The continued strength of the U.S. dollar has further intensified the pressure, especially affecting www.xmaccount.commodity producers and www.xmaccount.companies with large overseas earnings. A strong dollar tends to weigh on risk assets because it raises the cost of www.xmaccount.commodities in dollar terms and reduces the value of overseas earnings when converted into dollars. For the FTSE 100, which is heavy on mining and energy stocks, this is undoubtedly a headwind.
Recent trading volumes have been relatively light, suggesting that many market participants are now more willing to take a wait-and-see approach. This lack of confidence means that even in the absence of a clear catalyst, the market may move lower - simply because there are not enough buyers to absorb the selling pressure. The current market environment is certainly frustrating for bulls waiting for catalysts to fuel a sustained rally.
Technical analysis:
GBP/USD fell below the bullish neckline, measuring the decline around 1.2943.
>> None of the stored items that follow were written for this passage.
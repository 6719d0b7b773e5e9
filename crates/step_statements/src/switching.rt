//! `switch` (ECMA-262 12.11), and labelled statements (12.12).

ghost use Rattle.std.specs.Prelude.{◌≡◌, ◌+◌, ◌++◌, List, IfErr, IfOk};
ghost use Rattle.origin_labels.specs.Stores.{IsKept};
ghost use Rattle.flow_frames.specs.Stops.{IfStop};
ghost use Rattle.flow_policy.specs.Policies.{Tables};
ghost use Rattle.flow_policy.specs.Inputs.{Given};
ghost use Rattle.js_ast.specs.Functions.{FunctionCode};
ghost use Rattle.run_state.specs.Worlds.{Grows};
ghost use Rattle.continuations.specs.declared.continuation.Control.TheVariants as control;
ghost use Rattle.continuations.specs.declared.continuation.Continuation.TheVariants as continuation;
ghost use Rattle.continuations.specs.Going.{Begins, Resumes};
ghost use Rattle.continuations.specs.Kept.{scope_of, scopes_of, waiting};
ghost use Rattle.continuations.specs.Loads.{Adds, lift, weight};
ghost use Rattle.continuations.specs.Pending.{owns, values_of};
ghost use Rattle.continuations.specs.Invariant.{Invariant, awaits};
ghost use Rattle.continuations.specs.Stops.{HasStop};
ghost use Rattle.es_meaning.specs.BuiltIns.{BuiltIns};
ghost use Rattle.native_protocol.specs.Steps.{Steps};

use crate::falling::fall;
use crate::scopes::{compared_in, labelled_in, switched_in};
use continuations::{Control, Stack};
use flow_frames::FlowFault;
use flow_text::Text;
use js_ast::{Clause, ClauseList, Stmt};
use origin_labels::Labels;
use run_state::World;

/// Behind a statement of a clause those that stand behind it, and then the other clauses.
pub fn falls<'p, L: Labels>(
    labels: &mut L,
    world: &mut World<L::Label>,
    stack: &mut Stack<'p, L::Label>,
    clauses: &'p [Clause],
    number: u32,
) -> Result<Control<'p>, FlowFault<L::Label>>
    requires standing { Invariant L.made L.meaning labels.old stack.old world.old (owns (continuation.Falls clauses number) + awaits (continuation.Falls clauses number)) (scopes_of stack.old.tasks ++ scope_of (continuation.Falls clauses number)) (waiting stack.old.tasks) control.Value }
    ensures resumes { (tables : Tables) (inputs : Given) (set : BuiltIns) (functions : List FunctionCode) (natives : List Steps) → Resumes L.made L.meaning labels.new tables inputs set functions (continuation.Falls clauses.entry number) natives natives stack.old stack.new world.old world.new result }
    ensures standing { IfOk result (λ move. Invariant L.made L.meaning labels.new stack.new world.new (values_of move) (scopes_of stack.new.tasks) (waiting stack.old.tasks) move) }
    ensures adds { IfOk result (Adds (weight (continuation.Falls clauses.entry number) + 5) stack.old stack.new) }
    ensures stopped { IfErr result (IfStop (HasStop (L.made labels.new))) }
    ensures grows { Grows world.old world.new }
    ensures kept { IsKept L.made L.meaning L.room L.firm labels.old labels.new }
{
    let _labels = &*labels;
    let _world = &*world;
    let next = fall(stack, clauses, number)?;
    Ok(next)
}

/// `switch` behind its value: a frame of its own, the value's label in it, and the first test.
pub fn switched<'p, L: Labels>(
    labels: &mut L,
    world: &mut World<L::Label>,
    stack: &mut Stack<'p, L::Label>,
    of: &'p Stmt,
    clauses: &'p ClauseList,
) -> Result<Control<'p>, FlowFault<L::Label>>
    requires standing { Invariant L.made L.meaning labels.old stack.old world.old (owns (continuation.Switched of clauses) + awaits (continuation.Switched of clauses)) (scopes_of stack.old.tasks ++ scope_of (continuation.Switched of clauses)) (waiting stack.old.tasks) control.Value }
    ensures resumes { (tables : Tables) (inputs : Given) (set : BuiltIns) (functions : List FunctionCode) (natives : List Steps) → Resumes L.made L.meaning labels.new tables inputs set functions (continuation.Switched of.entry clauses.entry) natives natives stack.old stack.new world.old world.new result }
    ensures standing { IfOk result (λ move. Invariant L.made L.meaning labels.new stack.new world.new (values_of move) (scopes_of stack.new.tasks) (waiting stack.old.tasks) move) }
    ensures adds { IfOk result (Adds (weight (continuation.Switched of.entry clauses.entry) + 5) stack.old stack.new) }
    ensures stopped { IfErr result (IfStop (HasStop (L.made labels.new))) }
    ensures grows { Grows world.old world.new }
    ensures kept { IsKept L.made L.meaning L.room L.firm labels.old labels.new }
{
    let next = switched_in(labels, &mut world.frames, stack, of, clauses)?;
    Ok(next)
}

/// The test of a case behind its value, with the value of the `switch` below it.
pub fn compared<'p, L: Labels>(
    labels: &mut L,
    world: &mut World<L::Label>,
    stack: &mut Stack<'p, L::Label>,
    clauses: &'p ClauseList,
    number: u32,
) -> Result<Control<'p>, FlowFault<L::Label>>
    requires standing { Invariant L.made L.meaning labels.old stack.old world.old (owns (continuation.Compared clauses number) + awaits (continuation.Compared clauses number)) (scopes_of stack.old.tasks ++ scope_of (continuation.Compared clauses number)) (waiting stack.old.tasks) control.Value }
    ensures resumes { (tables : Tables) (inputs : Given) (set : BuiltIns) (functions : List FunctionCode) (natives : List Steps) → Resumes L.made L.meaning labels.new tables inputs set functions (continuation.Compared clauses.entry number) natives natives stack.old stack.new world.old world.new result }
    ensures standing { IfOk result (λ move. Invariant L.made L.meaning labels.new stack.new world.new (values_of move) (scopes_of stack.new.tasks) (waiting stack.old.tasks) move) }
    ensures adds { IfOk result (Adds (weight (continuation.Compared clauses.entry number) + 5) stack.old stack.new) }
    ensures stopped { IfErr result (IfStop (HasStop (L.made labels.new))) }
    ensures grows { Grows world.old world.new }
    ensures kept { IsKept L.made L.meaning L.room L.firm labels.old labels.new }
{
    let next = compared_in(labels, &mut world.frames, stack, clauses, number)?;
    Ok(next)
}

/// A labelled statement that is no loop and no `switch`, in a frame of its own.
pub fn begin_labelled<'p, L: Labels>(
    labels: &mut L,
    world: &mut World<L::Label>,
    stack: &mut Stack<'p, L::Label>,
    text: &'p Text,
    body: &'p Stmt,
) -> Result<Control<'p>, FlowFault<L::Label>>
    requires standing { Invariant L.made L.meaning labels.old stack.old world.old (values_of (control.Labelled text body)) (scopes_of stack.old.tasks) (waiting stack.old.tasks) (control.Labelled text body) }
    ensures begins { (tables : Tables) (inputs : Given) (set : BuiltIns) (functions : List FunctionCode) (natives : List Steps) → Begins L.made L.meaning labels.new tables inputs set functions natives natives stack.old stack.new world.old world.new (control.Labelled text.entry body.entry) result }
    ensures standing { IfOk result (λ move. Invariant L.made L.meaning labels.new stack.new world.new (values_of move) (scopes_of stack.new.tasks) (waiting stack.old.tasks) move) }
    ensures adds { IfOk result (Adds 1 stack.old stack.new) }
    ensures stopped { IfErr result (IfStop (HasStop (L.made labels.new))) }
    ensures grows { Grows world.old world.new }
    ensures kept { IsKept L.made L.meaning L.room L.firm labels.old labels.new }
{
    let next = labelled_in(labels, &mut world.frames, stack, text, body)?;
    Ok(next)
}
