//! The frame of a `switch` and of a labelled statement.

ghost use Rattle.std.specs.Prelude.{◌≡◌, ◌+◌, ◌++◌, [], ◌∷◌, Some, false, length, map, IfOk, OnOk};
ghost use Rattle.std.specs.List.{All};
ghost use Rattle.origin_labels.specs.Label.{Label, bottom, union};
ghost use Rattle.origin_labels.specs.Stores.{IsKept};
ghost use Rattle.flow_frames.specs.Changes.{pushed};
ghost use Rattle.flow_frames.specs.Held.{Belong, CatchByTry, seen_frame};
ghost use Rattle.js_ast.specs.Views.{view_stmt};
ghost use Rattle.js_values.specs.Readings.{HasValue, IsReading};
ghost use Rattle.flow_meaning.specs.Planned.{planned, asking};
ghost use Rattle.flow_meaning.specs.Scopes.{State, pushed_on, raised_in};
ghost use Rattle.continuations.specs.declared.continuation.Continuation.TheVariants as continuation;
ghost use Rattle.continuations.specs.Loads.{Adds};
ghost use Rattle.continuations.specs.Resuming.{BeginsIn, Opened, ResumesIn, with_frames};
ghost use Rattle.continuations.specs.Invariant.{running};
ghost use Rattle.step_statements.specs.Fronts.{Fronts, ResumesBesideIn};

use crate::clauses::case_from;
use crate::equal::same;
use crate::testing::{choose, test_from};
use continuations::{Continuation, Control, Stack};
use flow_frames::{Frames, Kind, belonging_lasts};
use flow_text::{OutOfMemory, Text};
use js_ast::{ClauseList, Stmt};
use origin_labels::Labels;

/// Enters a Loop frame, on which nothing is decided yet.
fn enter<L: Labels>(labels: &mut L, frames: &mut Frames<L::Label>) -> Result<(), OutOfMemory>
    requires belongs { Belong L.made L.meaning labels.old frames.old.frames }
    ensures entered { OnOk result ((reading : L.Label → Label) → IsReading L.made L.meaning labels.new reading → map (seen_frame reading) frames.new.frames ≡ map (seen_frame reading) frames.old.frames ++ pushed Kind.Loop bottom ∷ []) }
    ensures length { OnOk result (length frames.new.frames ≡ length frames.old.frames + 1) }
    ensures belongs { Belong L.made L.meaning labels.new frames.new.frames }
    ensures kept { IsKept L.made L.meaning L.room L.firm labels.old labels.new }
{
    let none = labels.bottom();
    frames.push(labels, Kind::Loop, none)?;
    Ok(())
}

/// Joins a label to that of the last frame.
fn raise<L: Labels>(
    labels: &mut L,
    frames: &mut Frames<L::Label>,
    label: L::Label,
) -> Result<(), OutOfMemory>
    requires label { L.made labels.old label }
    requires belongs { Belong L.made L.meaning labels.old frames.old.frames }
    ensures raised { OnOk result ((reading : L.Label → Label) (s : State) → IsReading L.made L.meaning labels.new reading → with_frames reading frames.new.frames s ≡ raised_in (reading label) (with_frames reading frames.old.frames s)) }
    ensures length { length frames.new.frames ≡ length frames.old.frames }
    ensures belongs { Belong L.made L.meaning labels.new frames.new.frames }
    ensures kept { IsKept L.made L.meaning L.room L.firm labels.old labels.new }
{
    frames.raise_last(labels, label)?;
    Ok(())
}

/// A labelled statement in its frame.
pub(crate) fn labelled_in<'p, L: Labels>(
    labels: &mut L,
    frames: &mut Frames<L::Label>,
    stack: &mut Stack<'p, L::Label>,
    text: &'p Text,
    body: &'p Stmt,
) -> Result<Control<'p>, OutOfMemory>
    requires loose { length stack.old.loose ≡ 0 }
    requires belongs { Belong L.made L.meaning labels.old frames.old.frames }
    ensures goes_on { IfOk result (BeginsIn L.made L.meaning labels.new (λ tables inputs set functions e. (planned tables inputs set functions).round false (Some text.entry.now ∷ []) e.env ((asking tables inputs set functions).stmt (view_stmt body.entry.now))) stack.old stack.new frames.old.frames frames.new.frames) }
    ensures opened { IfOk result (Opened stack.old stack.new frames.old.frames frames.new.frames) }
    ensures still { IfOk result (λ move. running move ≡ 0) }
    ensures adds { IfOk result (Adds 1 stack.old stack.new) }
    ensures catch { IfOk result (λ _. CatchByTry frames.new.frames) }
    ensures belongs { Belong L.made L.meaning labels.new frames.new.frames }
    ensures kept { IsKept L.made L.meaning L.room L.firm labels.old labels.new }
{
    let depth = frames.len();
    enter(labels, frames)?;
    let _count = frames.len();
    stack.push(Continuation::EndLabel(depth, text))?;
    Ok(Control::Stmt(body))
}

/// A `switch` in its frame, which its value raises.
pub(crate) fn switched_in<'p, L: Labels>(
    labels: &mut L,
    frames: &mut Frames<L::Label>,
    stack: &mut Stack<'p, L::Label>,
    of: &'p Stmt,
    clauses: &'p ClauseList,
) -> Result<Control<'p>, OutOfMemory>
    requires loose { length stack.old.loose ≡ 1 }
    requires made { All (HasValue (L.made labels.old)) stack.old.loose }
    requires belongs { Belong L.made L.meaning labels.old frames.old.frames }
    ensures goes_on { IfOk result (ResumesIn L.made L.meaning labels.new (continuation.Switched of.entry clauses.entry) stack.old stack.new frames.old.frames frames.new.frames) }
    ensures opened { IfOk result (Opened stack.old stack.new frames.old.frames frames.new.frames) }
    ensures still { IfOk result (λ move. running move ≡ 0) }
    ensures adds { IfOk result (Adds 7 stack.old stack.new) }
    ensures catch { IfOk result (λ _. CatchByTry frames.new.frames) }
    ensures belongs { Belong L.made L.meaning labels.new frames.new.frames }
    ensures kept { IsKept L.made L.meaning L.room L.firm labels.old labels.new }
{
    let depth = frames.len();
    let value = stack.pop();
    enter(labels, frames)?;
    raise(labels, frames, value.label)?;
    let _count = frames.len();
    stack.push(Continuation::EndRound(false, depth, of))?;
    stack.lay(value)?;
    let next = test_from(stack, clauses, 0)?;
    Ok(next)
}

/// Joins the labels of two values to that of the last frame.
fn raise_by_both<L: Labels>(
    labels: &mut L,
    frames: &mut Frames<L::Label>,
    left: L::Label,
    right: L::Label,
) -> Result<(), OutOfMemory>
    requires left { L.made labels.old left }
    requires right { L.made labels.old right }
    requires belongs { Belong L.made L.meaning labels.old frames.old.frames }
    ensures raised { OnOk result ((reading : L.Label → Label) (s : State) → IsReading L.made L.meaning labels.new reading → with_frames reading frames.new.frames s ≡ raised_in (union (reading left) (reading right)) (with_frames reading frames.old.frames s)) }
    ensures length { length frames.new.frames ≡ length frames.old.frames }
    ensures catch { OnOk result (CatchByTry frames.new.frames) }
    ensures belongs { Belong L.made L.meaning labels.new frames.new.frames }
    ensures kept { IsKept L.made L.meaning L.room L.firm labels.old labels.new }
{
    belonging_lasts::<L>();
    let label = labels.join(left, right)?;
    raise(labels, frames, label)?;
    let _count = frames.len();
    Ok(())
}

/// The value of a case's test, above that of the `switch`: its frame is raised by both, and an equal case's statements come, or the next test.
pub(crate) fn compared_in<'p, L: Labels>(
    labels: &mut L,
    frames: &mut Frames<L::Label>,
    stack: &mut Stack<'p, L::Label>,
    clauses: &'p ClauseList,
    number: u32,
) -> Result<Control<'p>, OutOfMemory>
    requires loose { length stack.old.loose ≡ 2 }
    requires made { All (HasValue (L.made labels.old)) stack.old.loose }
    requires catch { CatchByTry frames.old.frames }
    requires belongs { Belong L.made L.meaning labels.old frames.old.frames }
    ensures goes_on { IfOk result (ResumesBesideIn L.made L.meaning labels.new (continuation.Compared clauses.entry number) stack.old stack.new frames.old.frames frames.new.frames) }
    ensures fronts { IfOk result (Fronts stack.old stack.new) }
    ensures adds { IfOk result (Adds 6 stack.old stack.new) }
    ensures length { length frames.new.frames ≡ length frames.old.frames }
    ensures catch { IfOk result (λ _. CatchByTry frames.new.frames) }
    ensures belongs { Belong L.made L.meaning labels.new frames.new.frames }
    ensures kept { IsKept L.made L.meaning L.room L.firm labels.old labels.new }
{
    let value = stack.pop();
    let Some(left) = case_from(clauses.items(), number) else {
        let next = test_from(stack, clauses, number)?;
        return Ok(next);
    };
    let operand = &stack.loose(1)[0];
    let equal = same(&operand.value, &value.value);
    raise_by_both(labels, frames, operand.label, value.label)?;
    let next = choose(stack, clauses, left, number, equal)?;
    Ok(next)
}
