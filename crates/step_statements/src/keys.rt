//! The keys that a `for in` takes.

ghost use Rattle.std.specs.Prelude.{◌≡◌, ◌++◌, length, map, IfErr, IfOk};
ghost use Rattle.std.specs.List.{All};
ghost use Rattle.origin_labels.specs.Stores.{IsKept};
ghost use Rattle.flow_frames.specs.Stops.{IfStop};
ghost use Rattle.js_values.specs.Readings.{HasValue, read_value};
ghost use Rattle.run_state.specs.Worlds.{Belongs, Grows};
ghost use Rattle.continuations.specs.declared.continuation.Control.TheVariants as control;
ghost use Rattle.continuations.specs.Loads.{Adds};
ghost use Rattle.continuations.specs.Pending.{next_plan};
ghost use Rattle.continuations.specs.Stops.{HasStop};
ghost use Rattle.continuations.specs.Moving.{BeginsWith, Rests, Stands};
ghost use Rattle.step_statements.specs.Visiting.{laid_keys};

use continuations::{Control, Enumeration, Stack};
use flow_frames::FlowFault;
use flow_text::OutOfMemory;
use js_number::Primitive;
use js_values::{Key, Labelled, Value};
use origin_labels::Labels;
use run_state::World;
use std::alloc::Global;
use step_objects::keys_of;
use step_references::{Went, go_on};

/// The keys of the value that lies uppermost, which raise the loop's frame. They lie above the value then, and the first to be visited uppermost.
pub fn take_keys<'p, L: Labels>(
    alloc: Global,
    labels: &mut L,
    world: &mut World<L::Label>,
    stack: &mut Stack<'p, L::Label>,
    enumeration: Enumeration<'p>,
) -> Result<Control<'p>, FlowFault<L::Label>>
    requires loose { length stack.old.loose ≡ 1 }
    requires made { All (HasValue (L.made labels.old)) stack.old.loose }
    requires belongs { Belongs L.made L.meaning labels.old world.old }
    ensures goes_on { BeginsWith L.made L.meaning labels.new (λ tables inputs set functions reading e. next_plan tables inputs set functions (control.Keys enumeration.entry) (map (read_value reading) stack.old.loose) e) stack.old stack.new world.old world.new result }
    ensures rests { IfOk result (Rests (L.made labels.new) stack.old stack.new) }
    ensures adds { IfOk result (Adds 7 stack.old stack.new) }
    ensures stopped { IfErr result (IfStop (HasStop (L.made labels.new))) }
    ensures stands { IfOk result (Stands world.old world.new) }
    ensures belongs { Belongs L.made L.meaning labels.new world.new }
    ensures grows { Grows world.old world.new }
    ensures kept { IsKept L.made L.meaning L.room L.firm labels.old labels.new }
{
    let value = stack.pop();
    let answer = keys_of(alloc, labels, world, value.copy(alloc)?);
    let came = go_on(labels, stack, 0, answer)?;
    match came {
        Went::On(keys) => {
            stack.lay(value)?;
            let none = labels.bottom();
            let count = lay_keys(alloc, stack, keys.items(), none)?;
            Ok(Control::Visits(enumeration, count))
        }
        Went::Off(next) => Ok(next),
    }
}

/// Lays keys as texts with a label, the last of them undermost, and counts them.
fn lay_keys<T: Copy>(
    alloc: Global,
    stack: &mut Stack<'_, T>,
    keys: &[Key],
    none: T,
) -> Result<u32, OutOfMemory>
    ensures tasks { stack.new.tasks ≡ stack.old.tasks }
    ensures count { IfOk result (λ count. count ≡ length keys.now) }
    ensures laid { IfOk result (λ count. stack.new.loose ≡ stack.old.loose ++ laid_keys none keys.now) }
{
    let Ok(count) = u32::try_from(keys.len()) else {
        return Err(OutOfMemory);
    };
    let mut left = keys;
    while let [front @ .., last] = left {
        stack.lay(Labelled {
            value: Value::Primitive(Primitive::Str(last.text().copy(alloc)?)),
            label: none,
        })?;
        left = front;
    }
    Ok(count)
}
However, because the RSI is close to 20, it means that the oversold phenomenon is serious, and a rebound is imminent.
The above content is all about "[XM Foreign Exchange Platform]: US ADP announced a surprising oversold signal. Is the pound's rebound a trap or an opportunity?" It was carefully www.xmaccount.compiled and edited by the editor of XM Foreign Exchange. I hope it will be helpful to your trading! Thanks for the support!